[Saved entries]
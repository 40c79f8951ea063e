//! Why a document has no view as an envelope.

use unit_streams::Memory;

/// Why a document has no view as an envelope. The first that applies is answered, in this order,
/// and places are those of the document's items, counted from 0.
#[derive(Clone, Copy, Debug, PartialEq, Eq)]
pub enum SoapFault {
    /// This item has a prefix that isn't declared, or declares a prefix a second time in its
    /// element.
    BadNames { item: usize },
    /// The root's local name isn't `Envelope`.
    NotAnEnvelope,
    /// The root is an Envelope of another namespace than SOAP 1.2's.
    VersionMismatch,
    /// This child of the root is neither a Header in front nor the one Body after it.
    Misplaced { item: usize },
    /// The root has no Body.
    NoBody,
    /// This block is the second Action, To, MessageID or ReplyTo.
    RepeatedHeader { item: usize },
    /// This child of Header is no block in a namespace, or this attribute or content of a block
    /// isn't what SOAP 1.2 or WS-Addressing 1.0 asks of it.
    BadHeader { item: usize },
    /// Out of memory.
    Memory,
}

impl From<Memory> for SoapFault {
    ghost use Rattle.std.specs.Prelude.{◌≡◌};
    ghost use Rattle.soap_envelope.specs.declared.refusals.SoapFault.TheVariants as faults;

    ghost from_gives = { λ _ fault. fault ≡ faults.Memory };

    fn from(_memory: Memory) -> SoapFault {
        SoapFault::Memory
    }
}
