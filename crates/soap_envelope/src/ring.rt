// The content of Body with the declarations that its children need, by the items themselves: they
// aren't copied.
ghost use Rattle.std.specs.Prelude.{◌≡◌, ◌+◌, ◌<◌, ◌^◌, ◌∷◌, ◌++◌, [], ℕ, IfOk, IfSome, OnOk, Some, map, take, true};
ghost use Rattle.nbfx_values.specs.QuotasOf.{limits_of};
ghost use Rattle.least_payloads.specs.Least.{may_fit};
ghost use Rattle.soap_envelope.specs.Body as spec;
ghost use Rattle.soap_envelope.specs.Body.{attribute_of, missing, xmlns_of};
ghost use Rattle.soap_envelope.specs.Layers.{kept, layer_of, needs_of};
ghost use Rattle.soap_envelope.specs.Scopes as scope;

use crate::bindings::Bindings;
use crate::body::is_missing;
use crate::children::open_behind;
use crate::layers::Declared;
use crate::moving::put_moved;
use crate::puts::put_xmlns;
use crate::scopes::declared_on;
use nbfx_values::{ArrayItem, AttrItem, Attrs, Copied, Item, Items, Quotas, Txt};
use std::alloc::Global;
use std::collections::VecDeque;
use std::mem;
use unit_streams::Memory;

// A declaration that children of Body need, by the texts of its item, which are copied as they lie.
#[derive(Clone, Copy)]
struct Need<'n> {
    prefix: &'n Txt,
    uri: &'n Txt,
}

// The declarations that an element needs and hasn't itself.
fn missing_of<'n>(
    alloc: Global,
    needs: &[Need<'n>],
    own: &Bindings<'_>,
) -> Result<Vec<Need<'n>>, Memory>
    ensures { IfOk result
        (λ lacking. needs_of lacking.items ≡ missing (needs_of needs.now) own.now) }
{
    let mut lacking = Vec::new(alloc);
    for one in needs {
        if is_missing(own, one.prefix.as_str()) {
            lacking.push(*one)?;
        }
    }
    Ok(lacking)
}

// The same of an array's element with these attributes.
fn missing_on<'n>(
    alloc: Global,
    needs: &[Need<'n>],
    attributes: &[AttrItem],
) -> Result<Vec<Need<'n>>, Memory>
    ensures { IfOk result (λ lacking. needs_of lacking.items
        ≡ missing (needs_of needs.now) (scope.declared_on attributes.now)) }
{
    let own = declared_on(alloc, attributes)?;
    missing_of(alloc, needs, &own)
}

// Declarations, as attributes of an array's element.
fn attributes_of(alloc: Global, declarations: &[Need<'_>]) -> Result<Attrs, Memory>
    ensures { IfOk result (λ attributes. attributes ≡ map attribute_of (needs_of declarations.now)) }
{
    let mut attributes = Attrs::new(alloc);
    for one in declarations {
        attributes.push(AttrItem::Xmlns {
            prefix: one.prefix.copy()?,
            uri: one.uri.copy()?,
        })?;
    }
    Ok(attributes)
}

// Gives an array the declarations that its element needs. Where there is no memory for them, it has
// lost its attributes.
fn declare_on(alloc: Global, needs: &[Need<'_>], array: &mut ArrayItem) -> Result<(), Memory>
    ensures { OnOk result (array.new ≡ spec.array_with (needs_of needs.now) array.old) }
{
    let lacking = missing_on(alloc, needs, array.attrs.as_slice())?;
    let mut attrs = attributes_of(alloc, lacking.as_slice())?;
    let own = mem::replace(&mut array.attrs, Attrs::new(alloc));
    put_moved(&mut attrs, own)?;
    array.attrs = attrs;
    Ok(())
}

// Declarations, each an item.
pub(crate) fn xmlns_items(alloc: Global, declarations: &[Declared<'_>]) -> Result<Items, Memory>
    ensures { IfOk result (λ items. items ≡ map xmlns_of (map kept declarations.now)) }
{
    let mut items = Items::new(alloc);
    for one in declarations {
        put_xmlns(alloc, &mut items, one.prefix, one.uri)?;
    }
    Ok(items)
}

// Puts an item at the end of a ring.
#[inline(always)]
fn put_last(ring: &mut VecDeque<Item>, item: Item) -> Result<(), Memory>
    ensures { OnOk result (ring.new.items ≡ ring.old.items ++ item ∷ []) }
{
    if ring.reserve(1).is_err() {
        return Err(Memory);
    }
    ring.push_back_reserved(item);
    Ok(())
}

// Puts declarations at the end of a ring.
fn put_declarations(ring: &mut VecDeque<Item>, declarations: &[Need<'_>]) -> Result<(), Memory>
    ensures { OnOk result
        (ring.new.items ≡ ring.old.items ++ map xmlns_of (needs_of declarations.now)) }
{
    for one in declarations {
        let prefix = one.prefix.copy()?;
        let uri = one.uri.copy()?;
        put_last(ring, Item::Xmlns { prefix, uri })?;
    }
    Ok(())
}

// The declarations at the head of the first items of a ring, of which there are so many.
fn declarations_ahead<'r>(
    alloc: Global,
    ring: &'r VecDeque<Item>,
    count: usize,
) -> Result<Vec<Declared<'r>>, Memory>
    ensures { IfOk result (λ layer. layer_of layer ≡ scope.declared (take count ring.now.items)) }
{
    let mut layer = Vec::new(alloc);
    for at in 0..count {
        let Some(item) = ring.get(at) else {
            return Ok(layer);
        };
        match item {
            Item::Xmlns { prefix, uri } => layer.push(Declared {
                prefix: prefix.as_str(),
                uri: uri.as_str(),
            })?,
            Item::Attr { .. } => {}
            _ => return Ok(layer),
        }
    }
    Ok(layer)
}

// Declarations, as they are found by their prefixes.
fn layer_with<'d>(alloc: Global, declarations: &[Declared<'d>]) -> Result<Bindings<'d>, Memory>
    ensures { IfOk result (λ layer. layer ≡ map kept declarations.now) }
{
    let mut layer = Bindings::new(alloc);
    let mut more = declarations.len();
    while more > 0 {
        more -= 1;
        let one = declarations[more];
        layer.push(one.prefix, one.uri)?;
    }
    Ok(layer)
}

// The declarations that an element needs and hasn't itself, where so many items behind its
// beginning are the first of a ring.
fn missing_ahead<'n>(
    alloc: Global,
    needs: &[Need<'n>],
    ring: &VecDeque<Item>,
    count: usize,
) -> Result<Vec<Need<'n>>, Memory>
    ensures { IfOk result (λ lacking. needs_of lacking.items
        ≡ missing (needs_of needs.now) (scope.declared (take count ring.now.items))) }
{
    let declarations = declarations_ahead(alloc, ring, count)?;
    let own = layer_with(alloc, declarations.as_slice())?;
    missing_of(alloc, needs, &own)
}

// Whether no declaration stands at the head of the first items of a ring.
#[inline(always)]
fn declares_nothing(ring: &VecDeque<Item>) -> bool
    ensures { result ≡ true → (count : ℕ) → scope.declared (take count ring.now.items) ≡ [] }
{
    !matches!(ring.get(0), Some(Item::Xmlns { .. } | Item::Attr { .. }))
}

// Puts the beginning of a child with the declarations that it needs. Behind it stand so many items,
// the first ones of the ring.
fn put_beginning(
    alloc: Global,
    ring: &mut VecDeque<Item>,
    needs: &[Need<'_>],
    item: Item,
    left: usize,
) -> Result<(), Memory>
    ensures { OnOk result (ring.new.items ≡ ring.old.items ++ item ∷ map xmlns_of
        (missing (needs_of needs.now) (scope.declared (take left ring.old.items)))) }
{
    if declares_nothing(ring) {
        put_last(ring, item)?;
        return put_declarations(ring, needs);
    }
    let lacking = missing_ahead(alloc, needs, ring, left)?;
    put_last(ring, item)?;
    put_declarations(ring, lacking.as_slice())
}

// Puts a child, or the beginning of one, with the declarations that it needs. Behind it stand so
// many items, the first ones of the ring.
fn put_child(
    alloc: Global,
    ring: &mut VecDeque<Item>,
    needs: &[Need<'_>],
    item: Item,
    left: usize,
) -> Result<(), Memory>
    ensures { OnOk result (ring.new.items ≡ ring.old.items
        ++ spec.child_items (needs_of needs.now) item (take left ring.old.items)) }
{
    let mut item = item;
    match &mut item {
        Item::Start { .. } => put_beginning(alloc, ring, needs, item, left),
        Item::Array(array) => {
            declare_on(alloc, needs, array)?;
            put_last(ring, item)
        }
        _ => put_last(ring, item),
    }
}

// Puts an item that stands in so many elements within Body, if Body is open there, with the
// declarations that it needs, and says how many are open behind it. Behind it stand so many items,
// the first ones of the ring.
fn put_item(
    alloc: Global,
    ring: &mut VecDeque<Item>,
    needs: &[Need<'_>],
    inner: Option<usize>,
    item: Item,
    left: usize,
) -> Result<Option<usize>, Memory>
    requires { IfSome inner (λ n. n + 1 < 2 ^ 64) }
    ensures behind { IfOk result (λ after. after ≡ spec.open_after inner item) }
    ensures put { OnOk result (ring.new.items ≡ ring.old.items
        ++ spec.turned_items (needs_of needs.now) inner item (take left ring.old.items)) }
{
    let Some(inner) = inner else {
        return Ok(None);
    };
    let Some(open) = open_behind(inner, &item) else {
        return Ok(None);
    };
    if inner == 0 {
        put_child(alloc, ring, needs, item, left)?;
    } else {
        put_last(ring, item)?;
    }
    Ok(Some(open))
}

// The declarations at the head of items.
fn needs_in<'n>(alloc: Global, items: &'n [Item]) -> Result<Vec<Need<'n>>, Memory>
    ensures { IfOk result (λ needs. needs_of needs.items ≡ scope.declared items.now) }
{
    let mut needs = Vec::new(alloc);
    for item in items {
        match item {
            Item::Xmlns { prefix, uri } => needs.push(Need { prefix, uri })?,
            Item::Attr { .. } => {}
            _ => return Ok(needs),
        }
    }
    Ok(needs)
}

// The items up to the end of the element that holds them, with the declarations that its children
// need. These were counted before. Each item goes from the front of a ring to its end, so that there
// is one list of items.
fn put_standing(
    alloc: Global,
    _quotas: &Quotas,
    needs: &[Need<'_>],
    items: Items,
) -> Result<Items, Memory>
    requires { may_fit (limits_of _quotas.now)
        (spec.self_standing (needs_of needs.now) (Some 0) items) ≡ true }
    ensures { IfOk result (λ standing. standing
        ≡ spec.self_standing (needs_of needs.now) (Some 0) items) }
{
    let count = items.len();
    let mut ring = VecDeque::from_vec(items.into_vec());
    let mut inner = Some(0);
    for i in 0..count {
        let Some(item) = ring.pop_front() else {
            unreachable!();
        };
        inner = put_item(alloc, &mut ring, needs, inner, item, count - i - 1)?;
    }
    Ok(Items::from_vec(ring.into_vec()))
}

// The same, where these items declare what children need.
pub(crate) fn with_needs(
    alloc: Global,
    quotas: &Quotas,
    needs: &Items,
    items: Items,
) -> Result<Items, Memory>
    requires { may_fit (limits_of quotas.now)
        (spec.self_standing (scope.declared needs.now) (Some 0) items) ≡ true }
    ensures { IfOk result (λ standing. standing
        ≡ spec.self_standing (scope.declared needs.now) (Some 0) items) }
{
    let needs = needs_in(alloc, needs.as_slice())?;
    put_standing(alloc, quotas, needs.as_slice(), items)
}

:: TASK ITEM ::
The lines from the top of the data above down to the line containing "use crate::scopes::declared_on;" are to be copied exactly; no other line should appear.

:: RESULT BELOW ::
repository 40c79f8951ea063e
//! Why a document has no view as an envelope.

use unit_streams::Memory;

/// Why a document has no view as an envelope. The first that applies is answered, in this order,
/// and places are those of the document's items, counted from 0.
#[derive(Clone, Copy, Debug, PartialEq, Eq)]
pub enum SoapFault {
    /// This item has a prefix that isn't declared, or declares a prefix a second time in its
    /// element.
    BadNames { item: usize },
    /// The root's local name isn't `Envelope`.
    NotAnEnvelope,
    /// The root is an Envelope of another namespace than SOAP 1.2's.
    VersionMismatch,
    /// This child of the root is neither a Header in front nor the one Body after it.
    Misplaced { item: usize },
    /// The root has no Body.
    NoBody,
    /// This block is the second Action, To, MessageID or ReplyTo.
    RepeatedHeader { item: usize },
    /// This child of Header is no block in a namespace, or this attribute or content of a block
    /// isn't what SOAP 1.2 or WS-Addressing 1.0 asks of it.
    BadHeader { item: usize },
    /// Out of memory.
    Memory,
}

impl From<Memory> for SoapFault {
    ghost use Rattle.std.specs.Prelude.{◌≡◌};
    ghost use Rattle.soap_envelope.specs.declared.refusals.SoapFault.TheVariants as faults;

    ghost from_gives = { λ _ fault. fault ≡ faults.Memory };

    fn from(_memory: Memory) -> SoapFault {
        SoapFault::Memory
    }
}
filename crates/soap_envelope/src/ring.rt
// The content of Body with the declarations that its children need, by the items themselves: they
// aren't copied.
ghost use Rattle.std.specs.Prelude.{◌≡◌, ◌+◌, ◌<◌, ◌^◌, ◌∷◌, ◌++◌, [], ℕ, IfOk, IfSome, OnOk, Some, map, take, true};
ghost use Rattle.nbfx_values.specs.QuotasOf.{limits_of};
ghost use Rattle.least_payloads.specs.Least.{may_fit};
ghost use Rattle.soap_envelope.specs.Body as spec;
ghost use Rattle.soap_envelope.specs.Body.{attribute_of, missing, xmlns_of};
ghost use Rattle.soap_envelope.specs.Layers.{kept, layer_of, needs_of};
ghost use Rattle.soap_envelope.specs.Scopes as scope;

use crate::bindings::Bindings;
use crate::body::is_missing;
use crate::children::open_behind;
use crate::layers::Declared;
use crate::moving::put_moved;
use crate::puts::put_xmlns;
use crate::scopes::declared_on;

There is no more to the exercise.